Rachel was silent. Even the few rats that had returned to the walls after Linch's massacre had stilled themselves. Matthew lay down again, trying to get his thoughts in order. The sound of thunder was louder; its power seemed to shake the very earth to its deepest foundations.
"Matthew?" Rachel said.
"Yes?"
"Would you . . . would you hold my hand?"
"Pardon?" He wasn't sure he'd heard her correctly.
"Would you hold my hand?" she asked again. "Just for a moment. I don't like the thunder."
"Oh." His heart was beating harder. Though he knew full well that the magistrate would look askance on such a thing, it seemed wrong to deny her a small comfort. "All right," he said, and he stood up. When he went to the bars that separated them, he couldn't find her.
"I'm here." She was sitting on the floor.

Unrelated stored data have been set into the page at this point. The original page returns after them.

//! Readers and writers that fail, and a text that is too long.

use crate::devices::{Device, End, Feed};
use crate::scenario_runs::{Done, run};
use crate::texts::{OUTPUT, TEXT, TIMES_TOO_LONG, TOO_LONG};
use scenario::ScenarioFault;
use std::alloc::Global;
use std::io::ErrorKind;
use std::process::Abort;
use streams::StreamFault;

fn fault(fault: StreamFault) -> Done {
    Err(ScenarioFault::Stream(fault))
}

/// Asserts that a reader fails after `at` bytes of the text.
fn assert_not_read(rt: &impl Abort, alloc: Global, at: usize, kind: ErrorKind) {
    let mut reader = Feed::new(TEXT.get(..at).expect(rt, "a front"));
    reader.most = 7;
    reader.end = End::Fails(kind);
    let (done, writer) = run(rt, alloc, reader, Device::new(b""), 0);
    assert!(rt; writer.is_right && done == fault(StreamFault::Read));
}

#[test]
fn a_reader_that_fails_at_any_byte(rt: HostRuntime) {
    for at in 0..TEXT.len() {
        assert_not_read(&rt, rt.alloc(), at, ErrorKind::Other);
        assert_not_read(&rt, rt.alloc(), at, ErrorKind::Interrupted);
    }
}

/// A text, what it prints, the kind of error with which the writer fails, or none if it takes no
/// more, and how the run then ends.
type Row = (&'static [u8], &'static [u8], Option<ErrorKind>, StreamFault);

static ROWS: [Row; 4] = [
    (TEXT, OUTPUT, None, StreamFault::Write),
    (TEXT, OUTPUT, Some(ErrorKind::Other), StreamFault::Write),
    (
        TEXT,
        OUTPUT,
        Some(ErrorKind::BrokenPipe),
        StreamFault::BrokenPipe,
    ),
    (
        b"nonsense",
        b"error 70 BadLine 1\n",
        None,
        StreamFault::Write,
    ),
];

/// Asserts that the writer fails once it took `room` bytes.
fn assert_not_written(rt: &impl Abort, alloc: Global, row: Row, room: usize) {
    let (text, output, kind, wanted) = row;
    let writer = Device {
        room,
        most: 9,
        fault: kind,
        ..Device::new(output)
    };
    let (done, writer) = run(rt, alloc, Feed::new(text), writer, 2);
    assert!(rt; writer.is_right && writer.room == 0);
    assert!(rt; done == fault(wanted));
}

#[test]
fn a_writer_that_fails_at_any_byte_has_a_front(rt: HostRuntime) {
    for row in &ROWS {
        for room in 0..row.1.len() {
            assert_not_written(&rt, rt.alloc(), *row, room);
        }
    }
}

#[test]
fn one_byte_more_than_is_read_is_too_long(rt: HostRuntime) {
    let mut reader = Feed::new(TOO_LONG);
    reader.times = TIMES_TOO_LONG.saturating_sub(1);
    let (done, writer) = run(&rt, rt.alloc(), reader, Device::new(b""), 0);
    assert!(rt; writer.is_right && done == fault(StreamFault::InputTooLong));
}
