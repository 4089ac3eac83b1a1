//! The writes of a batch.

ghost use Rattle.std.specs.Prelude.{◌≡◌};
ghost use Rattle.node_call.specs.Batch.{IsWrite, event_written};

use meta_store::Context;
use meta_types::{MetaKey, Value};
use node_events::NodeEvent;

/// A write of a batch.
#[derive(Debug, Drop)]
pub enum Write {
    /// Writes the value under the key, in place of all that the context has read, or of nothing.
    Put {
        key: MetaKey,
        value: Value,
        context: Option<Context>,
    },
    /// Writes the value in place of all that the node holds under the key.
    PutOver {
        key: MetaKey,
        value: Value,
    },
}

impl Write {
    pub(crate) fn into_event(self) -> NodeEvent
        ensures event { result ≡ event_written self }
        ensures write { IsWrite result }
    {
        match self {
            Write::Put {
                key,
                value,
                context,
            } => NodeEvent::Write {
                key,
                value,
                context,
            },
            Write::PutOver { key, value } => NodeEvent::PutOver { key, value },
        }
    }
}
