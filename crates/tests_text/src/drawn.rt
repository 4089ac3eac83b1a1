//! A run of `draw`, and what stands in what it writes.

use plumctl_core::NoProgress;
use plumctl_draw::{Excerpt, draw_scenario};
use std::alloc::Global;

/// What a run of `draw` writes and prints at standard error, and its exit status.
#[derive(Drop)]
pub(crate) struct Drawn {
    pub status: u8,
    pub written: Vec<u8>,
    pub told: Vec<u8>,
}

/// Draws the commands of a text from line `from` on, with all their frames.
pub(crate) fn draw(alloc: Global, text: &[u8], from: u64) -> Drawn {
    let part = Excerpt {
        from,
        to: u64::MAX,
        fold: false,
    };
    draw_part(alloc, text, part)
}

/// Draws a part of a text.
pub(crate) fn draw_part(alloc: Global, text: &[u8], part: Excerpt) -> Drawn {
    let (mut written, mut told) = (Vec::new(alloc), Vec::new(alloc));
    let mut reader = text;
    let status = draw_scenario(
        alloc,
        &mut reader,
        &mut written,
        &mut told,
        part,
        &NoProgress,
    );
    Drawn {
        status,
        written,
        told,
    }
}

/// Returns how many times a text stands in another one.
pub(crate) fn count(text: &[u8], sought: &[u8]) -> usize {
    let mut found = 0usize;
    for at in 0..text.len() {
        if text.get(at..).is_some_and(|rest| rest.starts_with(sought)) {
            found = found.saturating_add(1);
        }
    }
    found
}
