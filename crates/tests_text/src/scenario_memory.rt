//! A run whose allocations are refused, one at a time.

use crate::scenario_runs::{Done, largest, lww};
use crate::texts::{OUTPUT, TEXT};
use resolvers::Resolver;
use scenario::{ScenarioFault, run_over};
use std::alloc::Global;
use std::process::Abort;
use streams::StreamFault;

const MEMORY: Done = Err(ScenarioFault::Stream(StreamFault::Memory));

/// Returns whether a run ends with its whole output; else it ends for lack of memory with a front
/// of it.
fn is_whole(rt: &impl Abort, alloc: Global, resolvers: &[Box<dyn Resolver>]) -> bool {
    let mut output = Vec::new(alloc);
    let mut reader = TEXT;
    let done = run_over(alloc, &mut reader, &mut output, resolvers);
    let is_whole = done == Ok(());
    let (is_all, is_front) = (
        output.as_slice() == OUTPUT,
        OUTPUT.starts_with(output.as_slice()),
    );
    assert!(rt; is_whole && is_all || done == MEMORY && is_front);
    is_whole
}

// Whichever single allocation is refused, one of two runs is whole: a refused one leaves nothing
// that the next one meets.
#[test]
fn a_run_gives_a_front_of_its_output_under_refused_memory(rt: HostRuntime) {
    let all = [lww(&rt, rt.alloc()), largest(&rt, rt.alloc())];
    let first = is_whole(&rt, rt.alloc(), &all);
    let last = is_whole(&rt, rt.alloc(), &all);
    drop(all);
    assert!(rt; first || last);
}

Matthew sat down as well. Her hand slipped between the bars, groping, and touched his shoulder. He said, "Here," and grasped her hand with his. At the intertwining of their fingers, Matthew felt a shock of heat that was first intense and then softened as it seemed to course slowly up his forearm. His heart was drumming; he was surprised she couldn't hear it, as surely a military march was being played next to her ear. It had occurred to him that his might be the last hand ever offered her.
The thunder again announced itself, and again the earth gave a tremble. Matthew felt Rachel's grip tighten. He couldn't help but think that in seven days she would be dead. She would be bones and ashes, nothing left of her voice or her touch or her compelling presence. Her beautiful tawny eyes would be burnt blind, her ebony hair sheared by the flames.